Take the entries that follow and return exactly the lines from the one holding "into an element buffer." through the one holding "length bytes.now ≤", both included. Nothing else is needed.

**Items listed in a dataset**

================================

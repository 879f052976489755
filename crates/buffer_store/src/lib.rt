//! The buffers that a page made: their sizes and usages, the bytes of those that hold indices, and the two
//! bindings (OpenGL ES 2.0 section 2.9, WebGL 1.0 sections 5.14.5 and 6.1). The contract in one sentence: each
//! call returns the error of the first rule that refuses it and then changes nothing, else it does to the plain record
//! `Stored` what its name says.
//!
//! Of a buffer that was first bound to ARRAY_BUFFER only the size is kept, since nothing here reads its bytes.
#![tactic(auto)]

mod buffers;
mod by_handle;
mod content;
mod held;

pub use buffers::Buffers;
pub use content::Content;

#[cfg(test)]
mod tests;
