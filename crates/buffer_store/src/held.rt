ghost use Rattle.std.specs.Prelude.{◌≡◌, ◌+◌, ◌≤◌, length, IfOk, OnErr};
ghost use Rattle.gl_numbers.specs.BufferWords.{usage_word};
ghost use Rattle.gl_numbers.specs.Limits.{buffer_bytes_max};
ghost use Rattle.buffer_store.specs.StoredBuffer.{IsIndexed, IsSound, new_stored, put_bytes, with_bytes, with_first};
ghost use Rattle.buffer_store.specs.Content.{size_of, buffer_of};
ghost use Rattle.step_count.specs.Content.{content};
ghost use Rattle.gl_numbers.specs.declared.buffer_words.BufferTarget.TheVariants.{ElementArray};

use crate::Content;
use gl_numbers::{BufferTarget, Memory, Usage};
use std::alloc::Global;
use std::marker::Model;
use step_count::Bytes;

/// What is kept of a buffer, by the target that it was first bound to.
#[derive(Drop)]
pub(crate) enum Kept {
    /// It was never bound, and so has no bytes.
    Unbound,
    /// It holds vertices: their number of bytes.
    Vertices(u32),
    /// It holds indices: their bytes.
    Indices(Vec<u8>),
}

/// One buffer.
#[derive(Drop)]
pub(crate) struct Held {
    kept: Kept,
    usage: Usage,
}

impl Model for Held {
    ghost use Rattle.buffer_store.specs.StoredBuffer.{StoredBuffer, IsSound};

    ghost Value = { StoredBuffer };

    ghost use Rattle.buffer_store.specs.Held.{shown};

    ghost view = { λ a. shown a.kept a.usage };

    ghost invariant = { λ a. IsSound (shown a.kept a.usage) };
}

impl Held {
    /// A buffer that was just made.
    #[inline]
    pub(crate) fn new() -> Held
        ensures { result ≡ new_stored }
    {
        Held {
            kept: Kept::Unbound,
            usage: Usage::StaticDraw,
        }
    }

    /// A buffer of this target with this content; Err only where memory runs out for the bytes of an element
    /// buffer.
    pub(crate) fn filled(
        alloc: Global,
        target: BufferTarget,
        content: Content<'_>,
        usage: Usage,
    ) -> Result<Held, Memory>
        requires { size_of content ≤ buffer_bytes_max }
        ensures ok { IfOk result (λ b. b ≡ buffer_of target content.entry usage) }
        ensures memory { OnErr result (target ≡ ElementArray) }
    {
        let kept = match target {
            BufferTarget::Array => Kept::Vertices(content.size()),
            BufferTarget::ElementArray => {
                let Ok(bytes) = content.copied(alloc) else {
                    return Err(Memory);
                };
                Kept::Indices(bytes)
            }
        };
        Ok(Held { kept, usage })
    }

    /// The target that it was first bound to.
    #[inline]
    pub(crate) fn first_target(&self) -> Option<BufferTarget>
        ensures value { result ≡ self.now.first_target }
        ensures sound { IsSound self.now }
    {
        match &self.kept {
            Kept::Unbound => None,
            Kept::Vertices(_) => Some(BufferTarget::Array),
            Kept::Indices(_) => Some(BufferTarget::ElementArray),
        }
    }

    /// Its size in bytes, at most 67,108,864.
    #[inline]
    pub(crate) fn size(&self) -> u32
        ensures value { result ≡ self.now.size }
        ensures sound { IsSound self.now }
    {
        match &self.kept {
            Kept::Unbound => 0,
            Kept::Vertices(size) => *size,
            Kept::Indices(bytes) => bytes.as_slice().len() as u32,
        }
    }

    /// The GL word of its usage.
    #[inline]
    pub(crate) fn usage(&self) -> u32
        ensures { result ≡ usage_word self.now.usage }
    {
        self.usage.word()
    }

    /// The bytes of an element buffer.
    pub(crate) fn indices(&self) -> Bytes<'_>
        requires { self.now.first_target ≡ Some ElementArray }
        ensures value { content result ≡ self.now.bytes }
        ensures sound { IsSound self.now }
    {
        match &self.kept {
            Kept::Indices(bytes) => Bytes::new(bytes),
            _ => unreachable!(),
        }
    }

    /// Makes it a buffer of this target, as the first binding does.
    pub(crate) fn take_target(&mut self, alloc: Global, target: BufferTarget)
        requires { self.old.first_target ≡ None }
        ensures { self.new ≡ with_first target self.old }
    {
        self.kept = match target {
            BufferTarget::Array => Kept::Vertices(0),
            BufferTarget::ElementArray => Kept::Indices(Vec::new(alloc)),
        };
    }

    /// Writes these bytes from `at` on into an element buffer.
    #[inline]
    pub(crate) fn patch(&mut self, at: usize, bytes: &[u8])
        requires { IsIndexed (at + length bytes.now) self.old }
        ensures { self.new ≡ with_bytes at bytes.now self.old }
    {
        if let Kept::Indices(kept) = &mut self.kept {
            copy_at(kept, at, bytes);
        }
    }
}

/// Writes `bytes` into `into` from `at` on.
fn copy_at(into: &mut [u8], at: usize, bytes: &[u8])
    requires { at + length bytes.now ≤ length into.old }
    ensures { into.new ≡ put_bytes at bytes.now into.old }
{
    let (_, rest) = into.split_at_mut(at);
    let (place, _) = rest.split_at_mut(bytes.len());
    place.copy_from_slice(bytes);
}
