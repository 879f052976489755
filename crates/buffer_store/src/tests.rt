ghost use Rattle.std.specs.Prelude.{◌≡◌};

use crate::{Buffers, Content};
use gl_numbers::{BufferTarget, GlError, Handle, Usage};
use std::alloc::Global;
use std::marker::Brand;
use std::process::Abort;
use std::sync::ledger::{Blank, Ledger};
use std::test::Fail;
use step_count::Steps;

const ARRAY: BufferTarget = BufferTarget::Array;

const ELEMENT: BufferTarget = BufferTarget::ElementArray;

/// Buffers of which one was made and bound to the target.
fn with_one(
    rt: &impl Abort,
    alloc: Global,
    target: BufferTarget,
    h: Handle,
) -> Result<Buffers, Fail> {
    let mut buffers = Buffers::new(alloc);
    let Ok(()) = buffers.add(h) else {
        return Err("no memory")?;
    };
    assert_eq!(rt; buffers.bind(target, Some(h)), Ok(()));
    Ok(buffers)
}

#[test]
fn nothing_is_bound_at_first(rt: HostRuntime) {
    let mut buffers = Buffers::new(rt.alloc());
    assert_eq!(rt; buffers.bound(ARRAY), None);
    assert_eq!(rt; buffers.bound(ELEMENT), None);
    for (size, code) in [
        (0, GlError::Operation),
        (67_108_864, GlError::Operation),
        (67_108_865, GlError::Value),
        (0xFFFF_FFFF, GlError::Value),
    ] {
        let returned = buffers.data(ARRAY, Content::Size(size), Usage::StaticDraw);
        assert_eq!(rt; returned, Err(code), "at {size}");
    }
    for (offset, code) in [
        (-1, GlError::Value),
        (i64::MIN, GlError::Value),
        (0, GlError::Operation),
        (i64::MAX, GlError::Operation),
    ] {
        assert_eq!(rt;
            buffers.sub_data(ELEMENT, offset, &[]),
            Err(code),
            "at {offset}"
        );
    }
}

#[test]
fn a_buffer_stays_with_its_first_target(rt: HostRuntime) -> Result<(), Fail> {
    let mut buffers = with_one(&rt, rt.alloc(), ARRAY, 5)?;
    let Some(h) = buffers.bound(ARRAY) else {
        return Err("not bound")?;
    };
    assert_eq!(rt; h, 5);
    assert_eq!(rt; buffers.usage(h), 0x88E4, "STATIC_DRAW at first");
    assert_eq!(rt; buffers.bind(ELEMENT, Some(h)), Err(GlError::Operation));
    assert_eq!(rt; buffers.bound(ARRAY), Some(5));
    assert_eq!(rt; buffers.bound(ELEMENT), None);
    Ok(())
}

#[test]
fn a_vertex_buffer_keeps_its_size(rt: HostRuntime) -> Result<(), Fail> {
    let mut buffers = with_one(&rt, rt.alloc(), ARRAY, 1)?;
    let content = Content::Size(67_108_864);
    assert_eq!(rt; buffers.data(ARRAY, content, Usage::StaticDraw), Ok(()));
    for (offset, expected) in [
        (67_108_863, Ok(())),
        (67_108_864, Err(GlError::Value)),
        (i64::MAX, Err(GlError::Value)),
    ] {
        assert_eq!(rt;
            buffers.sub_data(ARRAY, offset, &[7]),
            expected,
            "at {offset}"
        );
    }
    let Some(h) = buffers.bound(ARRAY) else {
        return Err("not bound")?;
    };
    assert_eq!(rt; buffers.size(h), 67_108_864);
    Ok(())
}

/// What is done to an element buffer, and what it then holds.
#[derive(Clone, Copy)]
enum Act<'a> {
    Fill(&'a [u8]),
    Zeros(u32),
    Patch {
        offset: i64,
        bytes: &'a [u8],
        expected: Result<(), GlError>,
    },
    Holds(&'a [u8]),
}

/// A bufferSubData, and what it returns.
fn patch(offset: i64, bytes: &[u8], expected: Result<(), GlError>) -> Act<'_> {
    Act::Patch {
        offset,
        bytes,
        expected,
    }
}

/// The bytes of the bound element buffer, of at most one block, are these.
fn holds<L: Ledger>(rt: &impl Abort, buffers: &Buffers, steps: &mut Steps<L>, expected: &[u8]) {
    let Some(h) = buffers.bound(ELEMENT) else {
        assert!(rt; false, "an element buffer is bound");
        return;
    };
    let bytes = buffers.element_bytes(h);
    assert_eq!(rt; bytes.len(), expected.len());
    assert_eq!(rt; buffers.size(h) as usize, expected.len());
    if !bytes.is_empty() {
        assert_eq!(rt; bytes.block(0, steps), expected);
    }
}

/// Does each act in turn, with a counter over `L`.
fn do_all<L: Ledger>(rt: &impl Abort, buffers: &mut Buffers, blank: Blank, acts: &[Act<'_>])
    requires name { blank.name ≡ L.name }
    requires parts { blank.parts ≡ L.parts }
    requires two { L.parts ≡ 2 }
{
    let mut steps = Steps::<L>::start(blank);
    for act in acts {
        match *act {
            Act::Fill(bytes) => {
                assert!(rt; bytes.len() < 100);
                let returned = buffers.data(ELEMENT, Content::Bytes(bytes), Usage::StreamDraw);
                assert_eq!(rt; returned, Ok(()));
            }
            Act::Zeros(size) => {
                let returned = buffers.data(ELEMENT, Content::Size(size), Usage::DynamicDraw);
                assert_eq!(rt; returned, Ok(()));
            }
            Act::Patch {
                offset,
                bytes,
                expected,
            } => {
                assert_eq!(rt;
                    buffers.sub_data(ELEMENT, offset, bytes),
                    expected,
                    "at {offset}"
                );
            }
            Act::Holds(expected) => holds(rt, buffers, &mut steps, expected),
        }
    }
}

#[test]
fn an_element_buffer_keeps_its_bytes(rt: HostRuntime) -> Result<(), Fail> {
    let mut buffers = with_one(&rt, rt.alloc(), ELEMENT, 3)?;
    let acts = [
        Act::Holds(&[]),
        Act::Fill(&[1, 2, 3, 4]),
        patch(3, &[8, 9], Err(GlError::Value)),
        patch(5, &[], Err(GlError::Value)),
        patch(-1, &[], Err(GlError::Value)),
        patch(i64::MAX, &[8], Err(GlError::Value)),
        Act::Holds(&[1, 2, 3, 4]),
        patch(2, &[8, 9], Ok(())),
        patch(4, &[], Ok(())),
        Act::Holds(&[1, 2, 8, 9]),
        Act::Zeros(3),
        Act::Holds(&[0, 0, 0]),
    ];
    do_all::<Brand>(&rt, &mut buffers, Blank::new(2), &acts);
    Ok(())
}

#[test]
fn a_buffer_that_is_gone_is_bound_nowhere(rt: HostRuntime) -> Result<(), Fail> {
    let mut buffers = with_one(&rt, rt.alloc(), ELEMENT, 1)?;
    buffers.gone(2);
    assert_eq!(rt; buffers.bound(ELEMENT), Some(1), "another was gone");
    buffers.gone(1);
    assert_eq!(rt; buffers.bound(ELEMENT), None);
    let returned = buffers.data(ELEMENT, Content::Size(1), Usage::StaticDraw);
    assert_eq!(rt; returned, Err(GlError::Operation));
    Ok(())
}
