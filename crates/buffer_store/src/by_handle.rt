ghost use Rattle.std.specs.Prelude.{◌≡◌, ◌+◌, ◌<◌, Some, None, [], ◌∷◌, IsNone, IsSome, IsSomeAnd, OnOk, OnErr, length, vec_len};
ghost use Rattle.std.specs.Option.{option_copied, option_map};
ghost use Rattle.std.specs.FinMap.{empty, get, insert, remove};
ghost use Rattle.gl_numbers.specs.BufferRules.{other_target};
ghost use Rattle.gl_numbers.specs.Refusals.{Judged};
ghost use Rattle.buffer_store.specs.StoredBuffer.{IsIndexed, view_of, with_bytes, with_first};
ghost use Rattle.buffer_store.specs.Stored.{IsOf, KeepsFirst, changed_at};
ghost use Rattle.buffer_store.specs.Slots.{shelf_of};

use crate::held::Held;
use gl_numbers::{BufferTarget, GlError, Handle, Memory};
use std::alloc::Global;
use std::marker::Model;

/// The buffers that are there, by handle: the one of handle `h` stands at place `h` of a list, and is found in one
/// step. A page's handles are 1, 2, 3, .. over all its objects, and a deleted buffer leaves its place empty, so the list
/// has at most one place more than handles were given.
#[derive(Drop)]
pub(crate) struct ByHandle {
    held: Vec<Option<Held>>,
}

impl Model for ByHandle {
    ghost use Rattle.buffer_store.specs.Stored.{Shelf};
    ghost use Rattle.buffer_store.specs.Codes.{shelf_code};

    ghost Value = { Shelf };

    ghost coded = { shelf_code };

    ghost use Rattle.buffer_store.specs.Slots.{shelf_of};

    ghost view = { λ a. shelf_of a.held.items };
}

#[tactic(auto, using(crate::proofs::Shelf::of_shelf))]
impl ByHandle {
    /// No buffer at all.
    #[inline]
    pub(crate) fn new(alloc: Global) -> ByHandle
        ensures { result ≡ empty }
    {
        ByHandle {
            held: Vec::new(alloc),
        }
    }

    /// The buffer of this handle.
    #[inline]
    pub(crate) fn get(&self, h: Handle) -> Option<&Held>
        ensures { option_copied result ≡ get self.now h }
    {
        match self.held.get(h as usize) {
            Some(slot) => slot.as_ref(),
            None => None,
        }
    }

    /// The buffer of a handle that has one.
    #[inline]
    pub(crate) fn at(&self, h: Handle) -> &Held
        requires { IsSome (get self.now h) }
        ensures { get self.now h ≡ Some result.now }
    {
        match self.get(h) {
            Some(held) => held,
            None => unreachable!(),
        }
    }

    /// Adds a buffer under a handle that has none. Err only where memory runs out, and then nothing changes.
    #[inline]
    pub(crate) fn add(&mut self, h: Handle, held: Held) -> Result<(), Memory>
        requires { IsNone (get self.old h) }
        ensures ok { OnOk result (self.new ≡ insert self.old h held) }
        ensures err { OnErr result (self.new ≡ self.old) }
        ensures firsts { KeepsFirst self.old self.new }
    {
        let Ok(()) = reach(&mut self.held, h) else {
            return Err(Memory);
        };
        self.held[h as usize] = Some(held);
        Ok(())
    }

    /// Puts another buffer of the same target in the place of the one of this handle.
    #[inline]
    pub(crate) fn replace(&mut self, target: BufferTarget, h: Handle, held: Held)
        requires old { IsOf target (get self.old h) }
        requires new { held.first_target ≡ Some target }
        ensures value { self.new ≡ insert self.old h held }
        ensures firsts { KeepsFirst self.old self.new }
    {
        if let Some(slot) = self.held.get_mut(h as usize) {
            *slot = Some(held);
        }
    }

    /// Makes the buffer of this handle one of this target. Operation where it is one of the other, and then
    /// nothing changes.
    #[inline]
    pub(crate) fn claim(
        &mut self,
        alloc: Global,
        target: BufferTarget,
        h: Handle,
    ) -> Result<(), GlError>
        requires { IsSome (get self.old h) }
        ensures judged { Judged (other_target (Some target) (option_map view_of (get self.old h)) ∷ []) result }
        ensures ok { OnOk result (self.new ≡ changed_at self.old h (with_first target) (get self.old h)) }
        ensures err { OnErr result (self.new ≡ self.old) }
        ensures firsts { KeepsFirst self.old self.new }
        ensures claimed { OnOk result (IsOf target (get self.new h)) }
    {
        match self.at(h).first_target() {
            None => {
                self.take_target(alloc, h, target);
                Ok(())
            }
            Some(first) if first == target => Ok(()),
            Some(_) => Err(GlError::Operation),
        }
    }

    /// Makes a buffer that was never bound one of this target.
    fn take_target(&mut self, alloc: Global, h: Handle, target: BufferTarget)
        requires { IsSomeAnd (get self.old h) (λ b. b.first_target ≡ None) }
        ensures { self.new ≡ changed_at self.old h (with_first target) (get self.old h) }
    {
        let Some(slot) = self.held.get_mut(h as usize) else {
            return;
        };
        let Some(held) = slot else {
            return;
        };
        held.take_target(alloc, target);
    }

    /// Writes these bytes from `at` on into the element buffer of this handle.
    #[inline]
    pub(crate) fn patch(&mut self, h: Handle, at: usize, bytes: &[u8])
        requires { IsSomeAnd (get self.old h) (IsIndexed (at + length bytes.now)) }
        ensures value { self.new ≡ changed_at self.old h (with_bytes at bytes.now) (get self.old h) }
        ensures firsts { KeepsFirst self.old self.new }
    {
        let Some(slot) = self.held.get_mut(h as usize) else {
            return;
        };
        let Some(held) = slot else {
            return;
        };
        held.patch(at, bytes);
    }

    /// Takes the buffer of this handle away, if it is there.
    pub(crate) fn remove(&mut self, h: Handle)
        ensures { self.new ≡ remove self.old h }
    {
        if let Some(slot) = self.held.get_mut(h as usize) {
            *slot = None;
        }
    }
}

/// Adds empty slots until there is one of this handle. Err where memory runs out. An empty slot holds no buffer, so
/// the same buffers are held either way.
#[tactic(auto, using(crate::proofs::Shelf::of_shelf))]
fn reach(slots: &mut Vec<Option<Held>>, h: Handle) -> Result<(), Memory>
    ensures same { shelf_of slots.new.items ≡ shelf_of slots.old.items }
    ensures reached { OnOk result (h < vec_len slots.new) }
{
    let len = h as usize + 1;
    // All the memory at once, so that no slot is added in vain where memory runs out.
    let Ok(()) = slots.reserve(len.saturating_sub(slots.len())) else {
        return Err(Memory);
    };
    while slots.len() < len {
        let Ok(()) = slots.push(None) else {
            return Err(Memory);
        };
    }
    Ok(())
}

================================

**Exercise solution**
    /// Writes these bytes from `at` on into an element buffer.
    #[inline]
    pub(crate) fn patch(&mut self, at: usize, bytes: &[u8])
        requires { IsIndexed (at + length bytes.now) self.old }
        ensures { self.new ≡ with_bytes at bytes.now self.old }
    {
        if let Kept::Indices(kept) = &mut self.kept {
            copy_at(kept, at, bytes);
        }
    }
}

/// Writes `bytes` into `into` from `at` on.
fn copy_at(into: &mut [u8], at: usize, bytes: &[u8])
    requires { at + length bytes.now ≤ length into.old }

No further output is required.